What to do: When you reach the records, transcribe each one exactly.

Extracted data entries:

┌──

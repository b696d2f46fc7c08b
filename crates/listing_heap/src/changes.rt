//! What of the heap is shown behind an event: the lines that say something else than before.

use crate::heap::{
    SLOTS, phase, pin_word, put_fields, put_heap, put_phase, put_pins, put_region, put_roots,
};
use heap_words::phase::IDLE;
use heap_words::refs_of;
use listing::{Row, Table, heap_word, piece_at, region_of_buffer, shared_region, top, used};
use regions::mark_words;
use shen_base::{Block, Sink};

/// The heap before and after an event.
#[derive(Clone, Copy)]
pub struct Change<'a> {
    /// The words when the heap was shown before.
    pub before: &'a Table,
    /// The words now.
    pub after: &'a Table,
}

impl Change<'_> {
    // Whether a word of the table is another one now.
    fn is_new(&self, at: usize) -> bool {
        self.before.word(at) != self.after.word(at)
    }

    // Whether a word of the heap is.
    fn is_new_at(&self, address: u64) -> bool {
        heap_word(self.before, address) != heap_word(self.after, address)
    }

    // Whether all is to be shown: the phase or the collection set is another one.
    fn is_whole(&self) -> bool {
        let config = self.after.config();
        self.is_new(config.phase_at()) || self.is_new(config.cset_at())
    }

    // Whether the line of the state says something else.
    fn has_state(&self) -> bool {
        let config = self.after.config();
        phase(self.after) != IDLE
            && (self.is_new(config.claim_at())
                || self.is_new(config.evac_at())
                || self.is_new(config.ask_at()))
    }

    // Whether some object is marked, or is not marked any more.
    fn has_marks(&self) -> bool {
        let config = self.after.config();
        let end = config.heap_start();
        for at in end.saturating_sub(2 * mark_words(config))..end {
            if self.is_new(at) {
                return true;
            }
        }
        false
    }

    // Whether a machine's buffer is another one, and lies in the region now or did before.
    fn has_buffer(&self, region: usize) -> bool {
        let config = self.after.config();
        for seat in 0..config.seats() {
            if self.is_new(config.cur_at(seat))
                && (region_of_buffer(self.before, seat) == Some(region)
                    || region_of_buffer(self.after, seat) == Some(region))
            {
                return true;
            }
        }
        false
    }

    // Whether the region is shared now and was not before, or the other way round.
    fn has_share(&self, region: usize) -> bool {
        (shared_region(self.before) == Some(region)) != (shared_region(self.after) == Some(region))
    }

    // Whether a piece of the region is another one, or an object has moved.
    fn has_piece(&self, region: usize) -> bool {
        let (mut at, end) = used(self.after, region);
        for _ in 0..1024 {
            let Some(piece) = piece_at(self.after, at, end) else {
                return false;
            };
            let is_same = match piece_at(self.before, at, end) {
                Some(before) => before.kind == piece.kind && before.next == piece.next,
                None => false,
            };
            if !is_same || piece.is_object() && self.has_object(at) {
                return true;
            }
            at = piece.next;
        }
        false
    }

    // Whether the object at an address is another one, or has moved.
    fn has_object(&self, at: u64) -> bool {
        self.is_new_at(at)
            || self.is_new_at(at.saturating_add(1))
            || self.is_new_at(at.saturating_add(2))
    }

    // Whether the line of a region says something else.
    fn has_region(&self, region: usize) -> bool {
        let config = self.after.config();
        if region >= config.regions() {
            return false;
        }
        let bit = self.before.word(config.free_at()) ^ self.after.word(config.free_at());
        self.is_new(config.top_at(region))
            || self.is_new(config.limit_at(region))
            || self.is_new(config.tams_at(region))
            || (region < 64 && bit >> (region % 64) & 1 == 1)
            || self.has_share(region)
            || self.has_buffer(region)
            || self.has_pinned(region)
            || self.has_piece(region)
    }

    // Whether a field of the object at an address is another one.
    fn has_field(&self, at: u64) -> bool {
        let refs = refs_of(heap_word(self.after, at.saturating_add(1))).min(16);
        for index in 0..refs {
            if self.is_new_at(at.saturating_add(3).saturating_add(index)) {
                return true;
            }
        }
        false
    }

    // Puts the lines of the fields of a region that say something else.
    fn put_fields<K: Sink>(&self, row: &mut Row, block: &mut Block, sink: &mut K, region: usize) {
        let (mut at, end) = used(self.after, region);
        for _ in 0..1024 {
            let Some(piece) = piece_at(self.after, at, end) else {
                return;
            };
            if piece.is_object() && self.has_field(at) {
                put_fields(row, block, sink, self.after, at);
            }
            at = piece.next;
        }
    }

    // Whether a root of a thread is another one.
    fn has_root(&self, mutator: usize) -> bool {
        let config = self.after.config();
        if mutator >= config.mutators() {
            return false;
        }
        for index in 0..16 {
            if self.is_new(config.root_at(mutator, index)) {
                return true;
            }
        }
        false
    }

    // Whether a pin slot of a thread is another one.
    fn has_pin(&self, mutator: usize) -> bool {
        for slot in 0..SLOTS {
            if pin_word(self.before, mutator, slot) != pin_word(self.after, mutator, slot) {
                return true;
            }
        }
        false
    }

    // Whether a pin slot has changed, before or behind which an object of a region is held.
    fn has_pinned(&self, region: usize) -> bool {
        let (first, end) = used(self.after, region);
        for mutator in 0..self.after.config().mutators() {
            for slot in 0..SLOTS {
                let before = pin_word(self.before, mutator, slot);
                let after = pin_word(self.after, mutator, slot);
                let address = before.max(after);
                if before != after && first <= address && address < end {
                    return true;
                }
            }
        }
        false
    }

    // Puts the lines of the regions that say something else; all where objects were marked.
    fn put_regions<K: Sink>(&self, row: &mut Row, block: &mut Block, sink: &mut K, bars: bool) {
        let marks = self.has_marks();
        for region in 0..self.after.config().regions() {
            if marks && top(self.after, region) > 0 || self.has_region(region) {
                put_region(row, block, sink, self.after, region, bars);
            }
        }
    }

    /// Puts the lines that say something else than before.
    pub fn put<K: Sink>(&self, row: &mut Row, block: &mut Block, sink: &mut K, bars: bool) {
        if self.is_whole() {
            put_heap(row, block, sink, self.after, bars);
            return;
        }
        if self.has_state() {
            put_phase(row, block, sink, self.after);
        }
        self.put_regions(row, block, sink, bars);
        for region in 0..self.after.config().regions() {
            self.put_fields(row, block, sink, region);
        }
        for mutator in 0..self.after.config().mutators() {
            if self.has_root(mutator) {
                put_roots(row, block, sink, self.after, mutator);
            }
            if self.has_pin(mutator) {
                put_pins(row, block, sink, self.after, mutator, true);
            }
        }
    }
}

└──

Response:
repository b696d2f46fc7c08b
filename crates/listing_heap/src/changes.rt
//! What of the heap is shown behind an event: the lines that say something else than before.

use crate::heap::{
    SLOTS, phase, pin_word, put_fields, put_heap, put_phase, put_pins, put_region, put_roots,
};
use heap_words::phase::IDLE;
use heap_words::refs_of;
use listing::{Row, Table, heap_word, piece_at, region_of_buffer, shared_region, top, used};
use regions::mark_words;
use shen_base::{Block, Sink};

/// The heap before and after an event.
#[derive(Clone, Copy)]
pub struct Change<'a> {
    /// The words when the heap was shown before.
    pub before: &'a Table,
    /// The words now.
    pub after: &'a Table,
}

impl Change<'_> {
    // Whether a word of the table is another one now.
    fn is_new(&self, at: usize) -> bool {
        self.before.word(at) != self.after.word(at)
    }

    // Whether a word of the heap is.
    fn is_new_at(&self, address: u64) -> bool {
        heap_word(self.before, address) != heap_word(self.after, address)
    }

    // Whether all is to be shown: the phase or the collection set is another one.
    fn is_whole(&self) -> bool {
        let config = self.after.config();
        self.is_new(config.phase_at()) || self.is_new(config.cset_at())
    }

    // Whether the line of the state says something else.
    fn has_state(&self) -> bool {
        let config = self.after.config();
        phase(self.after) != IDLE
            && (self.is_new(config.claim_at())
                || self.is_new(config.evac_at())
                || self.is_new(config.ask_at()))
    }

    // Whether some object is marked, or is not marked any more.
    fn has_marks(&self) -> bool {
        let config = self.after.config();
        let end = config.heap_start();
        for at in end.saturating_sub(2 * mark_words(config))..end {
            if self.is_new(at) {
                return true;
            }
        }
        false
    }

    // Whether a machine's buffer is another one, and lies in the region now or did before.
    fn has_buffer(&self, region: usize) -> bool {
        let config = self.after.config();
        for seat in 0..config.seats() {
            if self.is_new(config.cur_at(seat))
                && (region_of_buffer(self.before, seat) == Some(region)
                    || region_of_buffer(self.after, seat) == Some(region))
            {
                return true;
            }
        }
        false
    }

    // Whether the region is shared now and was not before, or the other way round.
    fn has_share(&self, region: usize) -> bool {
        (shared_region(self.before) == Some(region)) != (shared_region(self.after) == Some(region))
    }

    // Whether a piece of the region is another one, or an object has moved.
    fn has_piece(&self, region: usize) -> bool {
        let (mut at, end) = used(self.after, region);
        for _ in 0..1024 {
            let Some(piece) = piece_at(self.after, at, end) else {
                return false;
            };
            let is_same = match piece_at(self.before, at, end) {
                Some(before) => before.kind == piece.kind && before.next == piece.next,
                None => false,
            };
            if !is_same || piece.is_object() && self.has_object(at) {
                return true;
            }
            at = piece.next;
        }
        false
    }

    // Whether the object at an address is another one, or has moved.
    fn has_object(&self, at: u64) -> bool {
        self.is_new_at(at)
            || self.is_new_at(at.saturating_add(1))
            || self.is_new_at(at.saturating_add(2))
    }

    // Whether the line of a region says something else.
    fn has_region(&self, region: usize) -> bool {
        let config = self.after.config();
        if region >= config.regions() {
            return false;
        }
        let bit = self.before.word(config.free_at()) ^ self.after.word(config.free_at());
        self.is_new(config.top_at(region))
            || self.is_new(config.limit_at(region))
            || self.is_new(config.tams_at(region))
            || (region < 64 && bit >> (region % 64) & 1 == 1)
            || self.has_share(region)
            || self.has_buffer(region)
            || self.has_pinned(region)
            || self.has_piece(region)
    }

    // Whether a field of the object at an address is another one.
    fn has_field(&self, at: u64) -> bool {
        let refs = refs_of(heap_word(self.after, at.saturating_add(1))).min(16);
        for index in 0..refs {
            if self.is_new_at(at.saturating_add(3).saturating_add(index)) {
                return true;
            }
        }
        false
    }

    // Puts the lines of the fields of a region that say something else.
    fn put_fields<K: Sink>(&self, row: &mut Row, block: &mut Block, sink: &mut K, region: usize) {
        let (mut at, end) = used(self.after, region);
        for _ in 0..1024 {
            let Some(piece) = piece_at(self.after, at, end) else {
                return;
            };
            if piece.is_object() && self.has_field(at) {
                put_fields(row, block, sink, self.after, at);
            }
            at = piece.next;
        }
    }

    // Whether a root of a thread is another one.
    fn has_root(&self, mutator: usize) -> bool {
        let config = self.after.config();
        if mutator >= config.mutators() {
            return false;
        }
        for index in 0..16 {
            if self.is_new(config.root_at(mutator, index)) {
                return true;
            }
        }
        false
    }

    // Whether a pin slot of a thread is another one.
    fn has_pin(&self, mutator: usize) -> bool {
        for slot in 0..SLOTS {
            if pin_word(self.before, mutator, slot) != pin_word(self.after, mutator, slot) {
                return true;
            }
        }
        false
    }

    // Whether a pin slot has changed, before or behind which an object of a region is held.
    fn has_pinned(&self, region: usize) -> bool {
        let (first, end) = used(self.after, region);
        for mutator in 0..self.after.config().mutators() {
            for slot in 0..SLOTS {
                let before = pin_word(self.before, mutator, slot);
                let after = pin_word(self.after, mutator, slot);
                let address = before.max(after);
                if before != after && first <= address && address < end {
                    return true;
                }
            }
        }
        false
    }

    // Puts the lines of the regions that say something else; all where objects were marked.
    fn put_regions<K: Sink>(&self, row: &mut Row, block: &mut Block, sink: &mut K, bars: bool) {
        let marks = self.has_marks();
        for region in 0..self.after.config().regions() {
            if marks && top(self.after, region) > 0 || self.has_region(region) {
                put_region(row, block, sink, self.after, region, bars);
            }
        }
    }

    /// Puts the lines that say something else than before.
    pub fn put<K: Sink>(&self, row: &mut Row, block: &mut Block, sink: &mut K, bars: bool) {
        if self.is_whole() {
            put_heap(row, block, sink, self.after, bars);
            return;
        }
        if self.has_state() {
            put_phase(row, block, sink, self.after);
        }
        self.put_regions(row, block, sink, bars);
        for region in 0..self.after.config().regions() {
            self.put_fields(row, block, sink, region);
        }
        for mutator in 0..self.after.config().mutators() {
            if self.has_root(mutator) {
                put_roots(row, block, sink, self.after, mutator);
            }
            if self.has_pin(mutator) {
                put_pins(row, block, sink, self.after, mutator, true);
            }
        }
    }
}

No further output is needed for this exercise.